# Turning my Back on the Piano...



## Ingélou

I am going to give up on the piano - maybe to take it up again, as some suggest, in a few years if my circumstances change. At present, with John's illnesses and my mother's dementia, I feel as if I need more 'empty time' for me, as well as more time to keep the house & garden in order.

The fiddle is my one true love, and my only real desire is to be a folk fiddler. So I'm not going on with the Grade 4 exam either. I've spent money on the books, but at least I have learned to play three lovely pieces with greater flair and polish than I usually do, and that was a good experience. Practising scales and shifts didn't harm me either!

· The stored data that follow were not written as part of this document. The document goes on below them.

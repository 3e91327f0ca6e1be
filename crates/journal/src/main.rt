//! Reads a journal on standard input, runs it on one ledger, and prints what each entry came to.
#![tactic(auto)]

use journal_run::answer::answer;
use std::io;
use std::io::Read;

fn main(rt: HostRuntime) -> io::Result<()> {
    let mut journal = Vec::new(rt.alloc());
    let _ = rt.stdin().read_to_end(&mut journal)?;
    let text = answer(rt.alloc(), journal.as_slice())?;
    print!(rt; "{text}")
}
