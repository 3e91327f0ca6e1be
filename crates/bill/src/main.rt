//! Reads a month's text on standard input and prints its charges, or the line of its refusal.
#![tactic(auto)]

ghost use Rattle.std.specs.Prelude.{◌≤◌, length, IfOk};

use limits::MOST_TEXT_BYTES;
use month_bill::answer::answer;
use std::io;
use std::io::Read;

/// Reads until the memory is full or the input ends, and gives the number of bytes read.
fn fill<R: Read>(input: &mut R, memory: &mut [u8]) -> io::Result<usize>
    ensures { IfOk result (λ n. n ≤ length memory.old) }
{
    let mut len = 0;
    while len < memory.len() {
        let n = input.read(&mut memory[len..])?;
        if n == 0 {
            break;
        }
        len += n;
    }
    Ok(len)
}

fn main(rt: HostRuntime) -> io::Result<()> {
    // One byte more than the longest text, so that a longer one is seen.
    let mut memory = [0u8; MOST_TEXT_BYTES + 1];
    let len = fill(&mut rt.stdin(), &mut memory)?;
    let text = answer(rt.alloc(), &memory[0..len])?;
    print!(rt; "{text}")
}
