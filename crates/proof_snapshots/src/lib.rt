//! Snapshots that servers send, of as many entries, are the same. Definitions and proofs, on functions that do nothing.
#![tactic(auto)]

ghost use Rattle.proof_snapshots.specs.Laws.{SnapshotsAgree};

/// State machine safety of the snapshots that have left servers (Raft paper, figure 3). So a snapshot is known by how many entries it stands
/// for, and parts of it may come from whoever has it.
///
/// This takes for granted what `servers_follow` does.
pub fn snapshots_agree()
    ensures { SnapshotsAgree }
{}
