//! The judge: runs the command of a command line, and returns its status.

ghost use Rattle.std.specs.Prelude.{◌≡◌, List, map, string_bytes};
ghost use Rattle.clap.specs.Words.{kind_of};
ghost use Rattle.judge_coverage.specs.Watching.{inner_of};
ghost use Rattle.cli_common.specs.Showing.{ShowsError};
ghost use Rattle.cli_judge.specs.declared.status.TheConstants.{FAULT};
ghost use Rattle.cli_judge.specs.Program.{Serves, version_text};

use crate::files::Open;
use crate::judging::{judge, judge_opaque};
use crate::keys::judge_keys;
use crate::objects::judge_queue;
use crate::parting::part;
use crate::searching::order;
use crate::status::FAULT;
use clap::Error;
use cli_common::{refuse, show};
use judge_coverage::Watched;
use judge_options::{Request, VERSION, read_asked};
use std::alloc::Global;
use std::io::{Read, Write};
use std::time::Clock;

/// The refusal of a command line with a word that is no text.
const UNREADABLE_WORD: &[u8] = b"error: a word of the command line is not valid UTF-8\n";

/// The refusal of a command line whose word for a level names none.
const UNKNOWN_LEVEL: &[u8] = b"error: --level is linearizable, sequential or serializable\n";

/// Runs the judge on a command line, whose first word is the program's name, and returns its
/// status.
///
/// | Status | Meaning |
/// |---|---|
/// | 0 | yes, the order or part was written, or help or version were shown |
/// | 1 | no, or a line is no call, no attempt or no first value of a key |
/// | 2 | the command line was refused |
/// | 3 | a search did not decide within its steps |
/// | 4 | a stream failed, a file was not opened, or memory was refused |
///
/// Help and the version go to `output`, the text of a refused command line to `errors`. A fault is
/// the last line of `output`, unless `output` failed. The lines that a judge writes to `errors`
/// (its progress, the figures of its log, a warning) change neither `output` nor the status.
///
/// Not said: that the lines for `errors` are written at all; that the figures of a judge's log are
/// those of the log. Tests look at both.
///
/// Not said: what a search writes to `errors` with `--progress`; what `part` writes there; what is
/// written there about a refused command line.
pub fn run_words<T: Clock + AllocGlobal, R: Read, W: Write, E: Write, F: Open>(
    rt: &T,
    files: &F,
    words: &[String],
    input: &mut Watched<R>,
    output: &mut W,
    errors: &mut E,
) -> u8
    ensures served { Serves (F.holds files.now) (map string_bytes words.now) result
        (R.remaining (inner_of input.old)) (R.remaining (inner_of input.new))
        (W.contents output.old) (W.contents output.new)
        (E.contents errors.old) (E.contents errors.new) }
{
    let alloc = rt.alloc();
    match read_asked(alloc, words) {
        Ok(Request::History(how)) => judge(rt, files, how, input, output, errors),
        Ok(Request::Order(blocks, search)) => order(rt, blocks, search, input, output, errors),
        Ok(Request::UnknownLevel) => refuse(UNKNOWN_LEVEL, errors),
        Ok(Request::Attempts(how)) => judge_opaque(alloc, how, input, output, errors),
        Ok(Request::Part(words)) => part(alloc, &words, input, output, errors),
        Ok(Request::Keys(how)) => judge_keys(rt, files, how, input, output, errors),
        Ok(Request::Queue(search)) => judge_queue(rt, search, input, output, errors),
        Err(error) => explain(alloc, &error, output, errors),
    }
}

/// Writes that a word of the command line is no text, and returns the status of a refused command
/// line. A failed write changes nothing.
///
/// Not said: that `main` calls this function for words that are no text, and passes the words of
/// any other command line to `run_words`. Those three lines are read in the code.
pub fn refuse_words<E: Write>(errors: &mut E) -> u8
    ensures { result ≡ 2 }
{
    refuse(UNREADABLE_WORD, errors)
}

/// Shows the help, the version, or the reason why the command line was refused, and returns the
/// status.
fn explain<W: Write, E: Write>(alloc: Global, error: &Error, output: &mut W, errors: &mut E) -> u8
    ensures { ShowsError version_text FAULT (kind_of error.now) result
        (W.contents output.old) (W.contents output.new) }
{
    show(alloc, error, VERSION.as_bytes(), FAULT, output, errors)
}
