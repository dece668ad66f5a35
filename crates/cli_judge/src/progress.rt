//! The progress of a search, on standard error.

use cli_common::{has_passed, write_text};
use judge_object::Watcher;
use std::io::Write;
use std::time::{Clock, Instant};

/// Number of steps between two readings of the clock.
const STRIDE: u64 = 4_096;

/// A watcher that writes the progress of a search at most twice a second.
#[derive(Drop)]
pub(crate) struct ProgressWatcher<'a, 'b, T, E> {
    rt: &'a T,
    errors: &'b mut E,
    last: Option<Instant>,
}

impl<'a, 'b, T: Clock, E: Write> ProgressWatcher<'a, 'b, T, E> {
    /// Returns the watcher of a search that begins.
    pub(crate) fn new(rt: &'a T, errors: &'b mut E) -> ProgressWatcher<'a, 'b, T, E> {
        ProgressWatcher {
            rt,
            errors,
            last: Instant::now(rt).ok(),
        }
    }
}

impl<T: Clock + AllocGlobal, E: Write> Watcher for ProgressWatcher<'_, '_, T, E> {
    fn tell(&mut self, placed: u64, steps: u64) {
        if steps % STRIDE != 0 || !has_passed(self.rt, self.last) {
            return;
        }
        write_text(
            self.rt.alloc(),
            format_args!("placed {placed} steps {steps}\n"),
            self.errors,
        );
        self.last = Instant::now(self.rt).ok();
    }
}
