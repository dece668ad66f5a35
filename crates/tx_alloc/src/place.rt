//! The places of the words of a heap.

/// Number of lists of free blocks.
pub const LISTS: u32 = 8;

/// The word that leads to the first block of list 0. The heads of the other lists follow.
pub const FIRST_HEAD: u32 = 8;

/// The first word of block 0.
pub const FIRST_BLOCK: u32 = 16;

/// Number of words of a block.
pub const BLOCK_WORDS: u32 = 8;

/// Largest number of blocks of a heap.
pub const MOST_BLOCKS: usize = 262_144;

/// Largest number of blocks that leave a list at once in a batch refill: one block is taken, and
/// the others go to the exhausted list.
pub const RUN_BLOCKS: u32 = 64;
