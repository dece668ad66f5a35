//! The statuses of the judge, and its last line after a fault.

ghost use Rattle.std.specs.Prelude.{◌≡◌};
ghost use Rattle.vac_lines.specs.Writing.{AppendsPrefix};
ghost use Rattle.cli_common.specs.Ending.{fault_line};
ghost use Rattle.cli_judge.specs.Ending.{EndsJudged, EndsWith, unopened_line};

use cli_common::{DONE, write_fault, write_last};
use std::io::Write;
use vac_lines::{StreamFault, write_and_flush};

/// Status of a negative verdict.
pub(crate) const NO: u8 = 1;

/// Status of a search that did not decide within its steps.
pub(crate) const UNDECIDED: u8 = 3;

/// Status of a judge that a fault of a stream or of memory stopped.
pub(crate) const FAULT: u8 = 4;

/// Writes the last line of a judge that met a fault, and returns the status. If the output failed,
/// there is no such line. A failed write of the line changes nothing.
pub(crate) fn end_by<W: Write>(fault: StreamFault, output: &mut W) -> u8
    ensures status { result ≡ FAULT }
    ensures line { AppendsPrefix (W.contents output.old) (W.contents output.new)
        (fault_line fault) }
{
    write_fault(fault, output);
    FAULT
}

/// Writes the last line after a fault, and returns the status: 0 if the verdict is positive.
pub(crate) fn end_judged<W: Write>(judged: Result<bool, StreamFault>, output: &mut W) -> u8
    ensures { EndsJudged judged result (W.contents output.old) (W.contents output.new) }
{
    match judged {
        Ok(true) => DONE,
        Ok(false) => NO,
        Err(fault) => end_by(fault, output),
    }
}

/// Writes the last line of a judge that could not open a file, and returns the status.
pub(crate) fn end_unopened<W: Write>(output: &mut W) -> u8
    ensures status { result ≡ FAULT }
    ensures line { AppendsPrefix (W.contents output.old) (W.contents output.new)
        unopened_line }
{
    write_last(b"fault open\n", output);
    FAULT
}

/// Writes a text, and returns this status, or that of a fault if the output failed.
pub(crate) fn end_with<W: Write>(status: u8, text: &[u8], output: &mut W) -> u8
    ensures { EndsWith status text.now result (W.contents output.old) (W.contents output.new) }
{
    match write_and_flush(output, text) {
        Ok(()) => status,
        Err(_) => FAULT,
    }
}
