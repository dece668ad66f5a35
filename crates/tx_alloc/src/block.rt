//! Blocks, by the addresses at which they begin.

ghost use Rattle.std.specs.Prelude.{◌≡◌, ◌+◌, ◌<◌, ◌^◌};

use std::marker::Model;
use tx_memory::Addr;

/// A block, by its first word. In contracts, the address of that word.
#[derive(Clone, Copy, Debug, PartialEq, Eq)]
pub struct Block(pub Addr);

impl Model for Block {
    ghost use Rattle.std.specs.Prelude.{ℕ};

    ghost Value = { ℕ };

    ghost view = { λ block. block.0.0 };

    ghost inverse = { λ a. record { 0 = record { 0 = a } } };
}

impl Block {
    /// Returns the address of the block's first word.
    #[inline]
    pub fn addr(self) -> Addr
        ensures { result.0 ≡ self }
    {
        self.0
    }

    /// Returns the address of the block's word at a place. The first word has place 0.
    #[inline]
    pub fn word(self, place: u32) -> Addr
        requires { self + place < 2 ^ 32 }
        ensures { result.0 ≡ self + place }
    {
        Addr(self.0.0 + place)
    }
}
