//! Judging histories of a key-value store, and the resulting statuses.

ghost use Rattle.std.specs.Prelude.{◌≡◌, ℕ, List, None, true, false, IfOk};
ghost use Rattle.judge_coverage.specs.Watching.{inner_of};
ghost use Rattle.judge_text.specs.Program.{HasRead};
ghost use Rattle.judge_kv.specs.Starting.{AreFirstValues};
ghost use Rattle.cli_judge.specs.Keys.{JudgesKeys, JudgesStore, ReadsStart, JudgesUnstarted};
ghost use Rattle.cli_judge.specs.Keys.{JudgesKeysOf, JudgesKeysAsked, NamesStartFault, lacks_whole};
ghost use Rattle.cli_judge.specs.Objects.{settings_of};
ghost use Rattle.cli_judge.specs.Reporting.{ReportsKeysUnless};

use crate::files::{Open, open_file};
use crate::objects::{LINE_BYTES, judge_objects};
use crate::reporting::{most_watched, report_calls};
use crate::status::{NO, end_by, end_with};
use cli_common::refuse;
use judge_coverage::Watched;
use judge_kv::{Cell, FirstValues, StartFault, StartValues, Store, read_first_values};
use judge_object::Level;
use judge_options::{KeysSettings, SearchSettings};
use judge_text::{Starts, read_all};
use std::alloc::Global;
use std::io::{Read, Write};
use std::time::Clock;
use vac_lines::{StreamFault, print};

/// The refusal of sequential consistency of keys that are judged by themselves.
const NO_WHOLE: &[u8] = b"error: --level sequential needs --whole\n";

/// Reads a start file to its end. The values go into a place in which no key has one.
fn read_start<F: StartValues, S: Read>(
    alloc: Global,
    empty: F,
    file: &mut S,
) -> Result<FirstValues<F>, StreamFault>
    requires none { (key : List ℕ) → F.held empty key ≡ None }
    ensures { IfOk result (λ read. (text : List ℕ)
        × HasRead (S.remaining file.old) (S.remaining file.new) text
        × AreFirstValues F.held text read) }
{
    let text = read_all(alloc, file)?;
    let read = read_first_values(alloc, empty, text.as_slice())?;
    Ok(read)
}

/// Names the fault of a line of a start file, and returns the status.
fn name_fault<W: Write>(alloc: Global, number: u64, fault: StartFault, output: &mut W) -> u8
    ensures { NamesStartFault number fault result (W.contents output.old) (W.contents output.new) }
{
    let mut text = Vec::new(alloc);
    match print(format_args!("fault {} {number}\n", fault.name()), &mut text) {
        Ok(()) => end_with(NO, text.as_slice(), output),
        Err(_) => end_by(StreamFault::Memory, output),
    }
}

/// Judges the keys of a history by themselves, none of which has a value at first.
fn judge_keys_alone<T: Clock + AllocGlobal, R: Read, W: Write, E: Write>(
    rt: &T,
    search: SearchSettings,
    input: &mut R,
    output: &mut W,
    errors: &mut E,
) -> u8
    ensures judged { JudgesKeys (λ key. None) (settings_of search) result
        (R.remaining input.old) (R.remaining input.new)
        (W.contents output.old) (W.contents output.new) }
    ensures untold { search.progress ≡ false → E.contents errors.new ≡ E.contents errors.old }
{
    let alloc = rt.alloc();
    let starts = Starts::new(alloc, Cell::new(alloc));
    judge_objects(rt, &starts, search, input, output, errors)
}

/// Judges the history of a whole store, which begins in this state.
fn judge_store<T: Clock + AllocGlobal, R: Read, W: Write, E: Write>(
    rt: &T,
    store: Store,
    search: SearchSettings,
    input: &mut R,
    output: &mut W,
    errors: &mut E,
) -> u8
    ensures judged { JudgesStore store (settings_of search) result
        (R.remaining input.old) (R.remaining input.new)
        (W.contents output.old) (W.contents output.new) }
    ensures untold { search.progress ≡ false → E.contents errors.new ≡ E.contents errors.old }
{
    let starts = Starts::new(rt.alloc(), store);
    judge_objects(rt, &starts, search, input, output, errors)
}

/// Reads a start file, and judges the keys of a history by themselves, each of which has its value
/// in the file at first.
fn judge_keys_from<T: Clock + AllocGlobal, S: Read, R: Read, W: Write, E: Write>(
    rt: &T,
    file: &mut S,
    search: SearchSettings,
    input: &mut R,
    output: &mut W,
    errors: &mut E,
) -> u8
    ensures judged { ReadsStart false (settings_of search) result (S.remaining file.old)
        (R.remaining input.old) (R.remaining input.new)
        (W.contents output.old) (W.contents output.new) }
    ensures untold { search.progress ≡ false → E.contents errors.new ≡ E.contents errors.old }
{
    let alloc = rt.alloc();
    let empty = Starts::new(alloc, Cell::new(alloc));
    match read_start(alloc, empty, file) {
        Ok(FirstValues::Given(starts)) => {
            judge_objects(rt, &starts, search, input, output, errors)
        }
        Ok(FirstValues::Fault(number, fault)) => name_fault(alloc, number, fault, output),
        Err(fault) => end_by(fault, output),
    }
}

/// Reads a start file, and judges the history of a whole store, in which each key has its value in
/// the file at first.
fn judge_store_from<T: Clock + AllocGlobal, S: Read, R: Read, W: Write, E: Write>(
    rt: &T,
    file: &mut S,
    search: SearchSettings,
    input: &mut R,
    output: &mut W,
    errors: &mut E,
) -> u8
    ensures judged { ReadsStart true (settings_of search) result (S.remaining file.old)
        (R.remaining input.old) (R.remaining input.new)
        (W.contents output.old) (W.contents output.new) }
    ensures untold { search.progress ≡ false → E.contents errors.new ≡ E.contents errors.old }
{
    let alloc = rt.alloc();
    match read_start(alloc, Store::new(alloc), file) {
        Ok(FirstValues::Given(store)) => judge_store(rt, store, search, input, output, errors),
        Ok(FirstValues::Fault(number, fault)) => name_fault(alloc, number, fault, output),
        Err(fault) => end_by(fault, output),
    }
}

/// Judges a history of a key-value store in which no key has a value at first: each key by itself,
/// or the whole store.
fn judge_unstarted<T: Clock + AllocGlobal, R: Read, W: Write, E: Write>(
    rt: &T,
    how: KeysSettings<'_>,
    input: &mut R,
    output: &mut W,
    errors: &mut E,
) -> u8
    ensures judged { JudgesUnstarted how.entry.whole (settings_of how.entry.search) result
        (R.remaining input.old) (R.remaining input.new)
        (W.contents output.old) (W.contents output.new) }
    ensures untold { how.entry.search.progress ≡ false →
        E.contents errors.new ≡ E.contents errors.old }
{
    if how.whole {
        let store = Store::new(rt.alloc());
        judge_store(rt, store, how.search, input, output, errors)
    } else {
        judge_keys_alone(rt, how.search, input, output, errors)
    }
}

/// Reads a start file, and judges a history of a key-value store in which keys have the values of
/// the file at first: each key by itself, or the whole store.
fn judge_started<T: Clock + AllocGlobal, S: Read, R: Read, W: Write, E: Write>(
    rt: &T,
    file: &mut S,
    how: KeysSettings<'_>,
    input: &mut R,
    output: &mut W,
    errors: &mut E,
) -> u8
    ensures judged { ReadsStart how.entry.whole (settings_of how.entry.search) result
        (S.remaining file.old) (R.remaining input.old) (R.remaining input.new)
        (W.contents output.old) (W.contents output.new) }
    ensures untold { how.entry.search.progress ≡ false →
        E.contents errors.new ≡ E.contents errors.old }
{
    if how.whole {
        judge_store_from(rt, file, how.search, input, output, errors)
    } else {
        judge_keys_from(rt, file, how.search, input, output, errors)
    }
}

/// Judges a history of a key-value store, with the start file opened if there is one, and returns
/// the status.
fn judge_keys_of<T: Clock + AllocGlobal, F: Open, R: Read, W: Write, E: Write>(
    rt: &T,
    files: &F,
    how: KeysSettings<'_>,
    input: &mut R,
    output: &mut W,
    errors: &mut E,
) -> u8
    ensures judged { JudgesKeysOf (F.holds files.now) how.entry.start how.entry.whole
        (settings_of how.entry.search) result (R.remaining input.old) (R.remaining input.new)
        (W.contents output.old) (W.contents output.new) }
    ensures untold { how.entry.search.progress ≡ false →
        E.contents errors.new ≡ E.contents errors.old }
{
    match open_file(files, how.start, output) {
        Ok(None) => judge_unstarted(rt, how, input, output, errors),
        Ok(Some(mut file)) => judge_started(rt, &mut file, how, input, output, errors),
        Err(status) => status,
    }
}

/// Returns whether the command line asks for sequential consistency of keys that are judged by
/// themselves. Sequential consistency is not local: that of each key does not show that of all.
fn lacks_whole(how: &KeysSettings<'_>) -> bool
    ensures { result ≡ lacks_whole how.now }
{
    match how.search.level {
        Level::Sequential => !how.whole,
        Level::Linearizable | Level::Serializable => false,
    }
}

/// Judges a history of a key-value store as the command line asks, reports on it, and returns the
/// status: 0 if the history is legal.
pub(crate) fn judge_keys<T: Clock + AllocGlobal, F: Open, R: Read, W: Write, E: Write>(
    rt: &T,
    files: &F,
    how: KeysSettings<'_>,
    input: &mut Watched<R>,
    output: &mut W,
    errors: &mut E,
) -> u8
    ensures judged { JudgesKeysAsked (F.holds files.now) how.entry result
        (R.remaining (inner_of input.old)) (R.remaining (inner_of input.new))
        (W.contents output.old) (W.contents output.new) }
    ensures reported { ReportsKeysUnless (lacks_whole how.entry) how.entry.search result
        (E.contents errors.old) (E.contents errors.new) }
{
    if lacks_whole(&how) {
        return refuse(NO_WHOLE, errors);
    }
    input.watch(LINE_BYTES, most_watched(how.search.stats));
    let status = judge_keys_of(rt, files, how, input, output, errors);
    report_calls(
        rt.alloc(),
        how.search.stats,
        false,
        status,
        input.measure_calls(),
        errors,
    );
    status
}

It is not a question of being too old to learn the piano, as my teacher tells me that I'm making good progress - but I see that to get anywhere, I'd need a lot more time and motivation than I've got. I hate to skimp, and that is what I've had to do so far. I'm also not enamoured of the teaching materials - I'm learning modern pieces that I don't like much, and I do wonder why so much time has to be spent on *staccato*?

I don't regret trying the piano - I will do the odd fun practice now and then. I have learned to read the bass clef and improved my timing and sight-reading somewhat & strengthened my fingers a little.

So from now on this blog - *if *I continue - will be about fiddling, tout seul.


----------



## Baregrass

Nice post Ingelou. I understand about having to make time in our 3rd age. I too am struggling to get my fiddle playing back in order after a shoulder operation. However, keep it up. Music is a precious gift. Good luck!


----------